29. The next day, open up the doors and begin masking out the door jams. Mask off the whole car as well as anything that may get overspray.

30. Scuff up any over-spray that might have got on the jams threw the cracking in the door. 

31..clean the jams with a damp cloth, followed by wiping them with a tack cloth then clean with wax and grease cleaner

32.. Mix up your base, and spray at least 4 coats of your base, waiting 10 to 15 minutes for it to flash between coats.

33..Clean out your gun and mix up your clear

34..spray one tack coat of clear followed by only 1 wet 

35.. Clean out your gun

36..wait at least an hour before removing the masking, then let it sit over night

37.. the next day roll out your ride and let it “bake” in the sun for at least a day

38..Now your ready to cut and buff, start by block sanding all the orange peel, and any debris or bugs that may have gotten in your clear off with 1000 grit wet sand paper
39. Now lightly block sand again with 1500, followed by 2000 if desired

40. Wash the car, and towel dry

41 Start machine buffing with a medium cutting compound and a heavy whole pad

42 Now switch to a fin cutting compound and a fine whole pad or foam pad

43 buff again with swirl mark remover or machine polish with a fine whole pad or foam pad

43 wash the car, and towel dry

44 hand polish DO NOT WAX, APPLY A PURE POLISH ONLY

45 Put your car back together, and you are ready for a cruse :thumbsup:


Now i'm sure i left some details out, but it's to give you a good idea of what it takes, and to give others a chance to share there ideas as well


----------



## STREET SWEEPAZ (Feb 7, 2003)

-- That is damn good info there Familia........ Now, if there was step by step pics to go with that .. I think it would have to be pinned down ...........
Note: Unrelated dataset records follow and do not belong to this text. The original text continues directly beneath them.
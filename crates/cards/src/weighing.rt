// Document 01, "Hand order": five chosen cards, the digits of one number, beside the best hand so far. Most choices are settled without their ranks
// being put in order: by which neighbours among them are the same, and the place of the class which that tells.
ghost use Rattle.std.specs.Prelude.{◌≡◌, ◌/◌, ◌%◌, ◌≤◌, ◌<◌};
ghost use Rattle.cards.specs.Hands.{value_of};
ghost use Rattle.cards.specs.Order.{better_by, Placed};
ghost use Rattle.cards.specs.Falls.{spread};
ghost use Rattle.cards.specs.Packed.{digits, hand_in, IsHand};
ghost use Rattle.cards.specs.Steps.{ranks_in, suits_in, steps_in, marks_in, pattern_in, lowest_row};

use crate::{Five, Hand, Ranking, hand_at, place, ranks_of, row_of, value};

// The last digit to the base 256.
fn last(n: u64) -> u8
    ensures { result ≡ n % 256 }
{
    (n % 256) as u8
}

// The last five digits, the highest first.
pub(crate) fn five_in(n: u64) -> [u8; 5]
    ensures { result ≡ digits 5 n }
{
    let d = n / 256;
    let c = d / 256;
    let b = c / 256;
    let a = b / 256;
    [last(a), last(b), last(c), last(d), last(n)]
}

pub(crate) fn hand_in(n: u64) -> Hand
    ensures { result ≡ hand_in n }
{
    let q = five_in(n);
    Hand {
        class: last(n / 1099511627776),
        r1: q[0],
        r2: q[1],
        r3: q[2],
        r4: q[3],
        r5: q[4],
    }
}

// The number of a hand: the place of its class, the class, the ranks.
fn number_of(ranking: Ranking, h: Hand) -> u64
    requires { h.class ≤ 9 }
    ensures { (hand_in result ≡ h) × IsHand ranking result }
{
    let head = place(ranking, h.class) as u64 * 256 + h.class as u64;
    let high = (head * 256 + h.r1 as u64) * 256 + h.r2 as u64;
    ((high * 256 + h.r3 as u64) * 256 + h.r4 as u64) * 256 + h.r5 as u64
}

// Of the hand so far and the five cards chosen, the better: the cards are put in order and weighed.
pub(crate) fn in_full(ranking: Ranking, so_far: u64, chosen: u64) -> u64
    requires { Placed ranking × IsHand ranking so_far }
    ensures { (hand_in result ≡ better_by ranking (hand_in so_far) (value_of ranking (digits 5 chosen))) × IsHand ranking result }
{
    so_far.max(number_of(ranking, value(ranking, five_in(chosen))))
}

// The ranks of five cards, as digits.
fn ranks_in(n: u64) -> u64
    ensures is { result ≡ ranks_in n }
    ensures small { (result / 256 ≤ 2155905152) × (result % 4294967296 ≤ 2155905152) }
{
    let low = n / 4 % 64 + n / 1024 % 64 * 256 + n / 262144 % 64 * 65536;
    let high = n / 67108864 % 64 * 16777216 + n / 17179869184 % 64 * 4294967296;
    low + high + 8623620610
}

// The suits of the last four of five cards, as digits.
fn suits_in(n: u64) -> u64
    ensures { result ≡ suits_in n }
{
    n % 4 + n / 256 % 4 * 256 + n / 65536 % 4 * 65536 + n / 16777216 % 4 * 16777216
}

// How far each of five ranks is above the next, as digits, each with 128 more than that.
fn steps_in(ranks: u64) -> u64
    requires { (ranks / 256 ≤ 2155905152) × (ranks % 4294967296 ≤ 2155905152) }
    ensures is { result ≡ steps_in ranks }
    ensures small { result ≤ 4311810304 }
{
    ranks / 256 + 2155905152 - ranks % 4294967296
}

// Which of four digits are 128 or more: 1 for each that is, as digits.
fn marks_in(x: u64) -> u64
    ensures is { result ≡ marks_in x }
    ensures small { result ≤ 16843009 }
{
    x / 128 % 2 + x / 32768 % 2 * 256 + x / 8388608 % 2 * 65536 + x / 2147483648 % 2 * 16777216
}

// Which neighbours are the same, of ranks that fall: the digits 256 less the steps are 128 there, and below elsewhere. The product gathers the four marks.
fn pattern_in(steps: u64) -> u16
    requires { steps ≤ 4311810304 }
    ensures is { result ≡ pattern_in steps }
    ensures small { result < 16 }
{
    (marks_in(4311810304 - steps) * 134480385 / 16777216 % 16) as u16
}

// The ranks of the lowest straight, with the ace on top, as digits.
fn lowest_row(foot: u8) -> u64
    ensures { result ≡ lowest_row foot }
{
    foot as u64 * 16843009 + 60180005120
}

// The five cards.
fn cards_in(n: u64) -> Five
    ensures { spread result ≡ digits 5 n }
{
    let q = five_in(n);
    Five {
        a: q[0],
        b: q[1],
        c: q[2],
        d: q[3],
        e: q[4],
    }
}

// Of the hand so far and the five cards chosen, the better. Cards that do not fall, a flush and a straight are weighed in full.
pub(crate) fn better(ranking: Ranking, so_far: u64, chosen: u64) -> u64
    requires { Placed ranking × IsHand ranking so_far }
    ensures { (hand_in result ≡ better_by ranking (hand_in so_far) (value_of ranking (digits 5 chosen))) × IsHand ranking result }
{
    let ranks = ranks_in(chosen);
    let steps = steps_in(ranks);
    if marks_in(steps) != 16843009 {
        return in_full(ranking, so_far, chosen);
    }
    if suits_in(chosen) == suits_in(chosen / 256) {
        return in_full(ranking, so_far, chosen);
    }
    let k = pattern_in(steps);
    if k == 0 {
        if steps == 2172748161 {
            return in_full(ranking, so_far, chosen);
        }
        if ranks == lowest_row(ranking.foot) {
            return in_full(ranking, so_far, chosen);
        }
        return so_far.max((place(ranking, 8) as u64 * 256 + 8) * 1099511627776 + ranks);
    }
    let row = row_of(k);
    if (place(ranking, (row / 1048576 % 16) as u8) as u64) < so_far / 281474976710656 {
        return so_far;
    }
    so_far.max(number_of(ranking, hand_at(row, ranks_of(cards_in(chosen)), false)))
}
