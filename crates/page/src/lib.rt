// What the supervisor's page is written with: a pen over a lent buffer, which is written out before a text that has no room, numbers, cards and fixed words.
// Nothing else reaches the page, so nothing of a log needs to be escaped.
#![tactic(auto)]

pub mod pen;
pub mod words;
Maybe when I do my car this winter & wheni can figure out how to post these pics again...... i will try to bring one up in my avatar & then repost it up


----------



## Tuna_Sammich (Aug 27, 2003)

great post! someone should pin this.


----------



## big jose (Dec 4, 2002)

:thumbsup:


----------



## BRAVO (Jan 4, 2002)

GREAT POST!!!

only way i differ, is i do jams first,,,,,its a LOT easier to mask off the jams from overspray from painting the car,,,than to mask off the whole CAR from overspray of the jams

and for "the touch test",,,i never touch anything on the car (visible or not),,,i touch a masked off area,,that has been painted (like a door handle or something)


----------



## PLANETGETLOW (Sep 22, 2003)

> _Originally posted by BRAVO_@Sep 16 2004, 10:11 AM
> *GREAT POST!!!
> 
> only way i differ, is i do jams first,,,,,its a LOT easier to mask off the jams from overspray from painting the car,,,than to mask off the whole CAR from overspray of the jams
> ...


Fucking rockin topic....... Did I say "Rockin".... :ugh:

Anyways, I agree with this dude, we always spray the jambs first then move on!!


----------



## MyFamiliaCC (Dec 5, 2003)

> _Originally posted by 1 LO 64_@Sep 16 2004, 01:08 PM
> *Fucking rockin topic....... Did I say "Rockin".... :ugh:
> 
> Anyways, I agree with this dude, we always spray the jambs first then move on!!
> [snapback]2222125[/snapback]​*



lol.......

Ya I do get that alot, but thats how I'v allways done it, remember I'm all self tought and doing the jams last is how I'v been doing it for years. It does work for me. 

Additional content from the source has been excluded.